Your answer must consist of every line from the data below that includes the word "Conclusion".

— DATA TO EXAMINE —
★ ★ ★ ★

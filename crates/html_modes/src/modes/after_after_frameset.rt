//! The "after after frameset" insertion mode (HTML Standard, section 13.2.6.4.21).
ghost use Rattle.std.specs.Prelude.{◌≡◌};
ghost use Rattle.html_rules.specs.Modes.AfterAfterFrameset.{after_after_frameset};
ghost use Rattle.html_modes.specs.Tables.{rows_of};

use crate::table::Action::{AppendCommentToDocument, Nothing, ParseError};
use crate::table::Class::{AnythingElse, Comment, EndOfFile, StartTags, WhiteSpace};
use crate::table::Conclusion::{Done, Using};
use crate::table::{Row, row};
use html_rules::{InsertionMode, TagSet};

const AFTER_AFTER_FRAMESET: &[Row] = &[
    row!(WhiteSpace, [Nothing], Using(InsertionMode::InBody)),
    row!(Comment, [AppendCommentToDocument], Done),
    row!(
        StartTags(TagSet::Html),
        [Nothing],
        Using(InsertionMode::InBody)
    ),
    row!(EndOfFile, [Nothing], Done),
    row!(
        StartTags(TagSet::Noframes),
        [Nothing],
        Using(InsertionMode::InHead)
    ),
    row!(AnythingElse, [ParseError], Done),
];

/// The rows.
pub(crate) fn rows() -> &'static [Row]
    ensures { rows_of result.now ≡ after_after_frameset }
{
    AFTER_AFTER_FRAMESET
}
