//! The rules for parsing tokens in foreign content (HTML Standard, section 13.2.6.5).
ghost use Rattle.std.specs.Prelude.{◌≡◌};
ghost use Rattle.html_rules.specs.Modes.Foreign.{in_foreign_content};
ghost use Rattle.html_modes.specs.Tables.{rows_of};

use crate::table::Action::{
    AppendComment, AppendReplacement, AppendText, CloseForeign, FramesetNotOkUnlessWhite,
    InsertForeign, Nothing, ParseError, PopForeign, When,
};
use crate::table::Class::{
    AnyEndTag, AnyStartTag, AnythingElse, Character, Comment, EndTags, Null, StartTags,
};
use crate::table::Conclusion::{Acknowledged, Done, UsingCurrentMode};
use crate::table::Condition::{EndsInHtml, FontAttributes, ForeignEndError};
use crate::table::{Row, row};
use html_rules::TagSet;

const IN_FOREIGN_CONTENT: &[Row] = &[
    row!(Null, [ParseError, AppendReplacement], Done),
    row!(Character, [FramesetNotOkUnlessWhite, AppendText], Done),
    row!(Comment, [AppendComment], Done),
    row!(
        StartTags(TagSet::ForeignBreakout),
        [ParseError, PopForeign],
        UsingCurrentMode
    ),
    row!(StartTags(TagSet::Font), if FontAttributes, [ParseError, PopForeign], UsingCurrentMode),
    row!(
        EndTags(TagSet::BrP),
        [ParseError, PopForeign],
        UsingCurrentMode
    ),
    row!(AnyStartTag, [InsertForeign], Acknowledged),
    row!(AnyEndTag, if EndsInHtml, [ParseError], UsingCurrentMode),
    row!(
        AnyEndTag,
        [When(ForeignEndError, &ParseError), CloseForeign],
        Done
    ),
    row!(AnythingElse, [Nothing], Done),
];

/// The rows.
pub(crate) fn rows() -> &'static [Row]
    ensures { rows_of result.now ≡ in_foreign_content }
{
    IN_FOREIGN_CONTENT
}
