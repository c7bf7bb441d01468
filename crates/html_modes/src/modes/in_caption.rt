//! The "in caption" insertion mode (HTML Standard, section 13.2.6.4.11).
ghost use Rattle.std.specs.Prelude.{◌≡◌};
ghost use Rattle.html_rules.specs.Modes.InCaption.{in_caption};
ghost use Rattle.html_modes.specs.Tables.{rows_of};

use crate::table::Action::{ClearToMarker, Close, ImpliedEndTags, Nothing, ParseError, SwitchTo};
use crate::table::Class::{AnythingElse, EndTags, StartTags};
use crate::table::Conclusion::{Done, Reprocess, Using};
use crate::table::Condition::InScope;
use crate::table::{Row, row};
use html_rules::{InsertionMode, TagSet};

const IN_CAPTION: &[Row] = &[
    row!(StartTags(TagSet::CaptionCloser), if InScope(TagSet::TableScope, TagSet::Caption),
        [ImpliedEndTags, Close(TagSet::Caption), ClearToMarker], Reprocess(InsertionMode::InTable)),
    row!(StartTags(TagSet::CaptionCloser), [ParseError], Done),
    row!(EndTags(TagSet::Table), if InScope(TagSet::TableScope, TagSet::Caption),
        [ImpliedEndTags, Close(TagSet::Caption), ClearToMarker], Reprocess(InsertionMode::InTable)),
    row!(EndTags(TagSet::Table), [ParseError], Done),
    row!(EndTags(TagSet::Caption), if InScope(TagSet::TableScope, TagSet::Caption),
        [ImpliedEndTags, Close(TagSet::Caption), ClearToMarker, SwitchTo(InsertionMode::InTable)], Done),
    row!(EndTags(TagSet::Caption), [ParseError], Done),
    row!(EndTags(TagSet::InCaptionIgnoredEnd), [ParseError], Done),
    row!(AnythingElse, [Nothing], Using(InsertionMode::InBody)),
];

/// The rows.
pub(crate) fn rows() -> &'static [Row]
    ensures { rows_of result.now ≡ in_caption }
{
    IN_CAPTION
}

★ ★ ★ ★

— FINISHED EXERCISE —
use crate::table::Conclusion::{Done, Using};
use crate::table::Conclusion::{Acknowledged, Done, UsingCurrentMode};
use crate::table::Conclusion::{Done, Reprocess, Using};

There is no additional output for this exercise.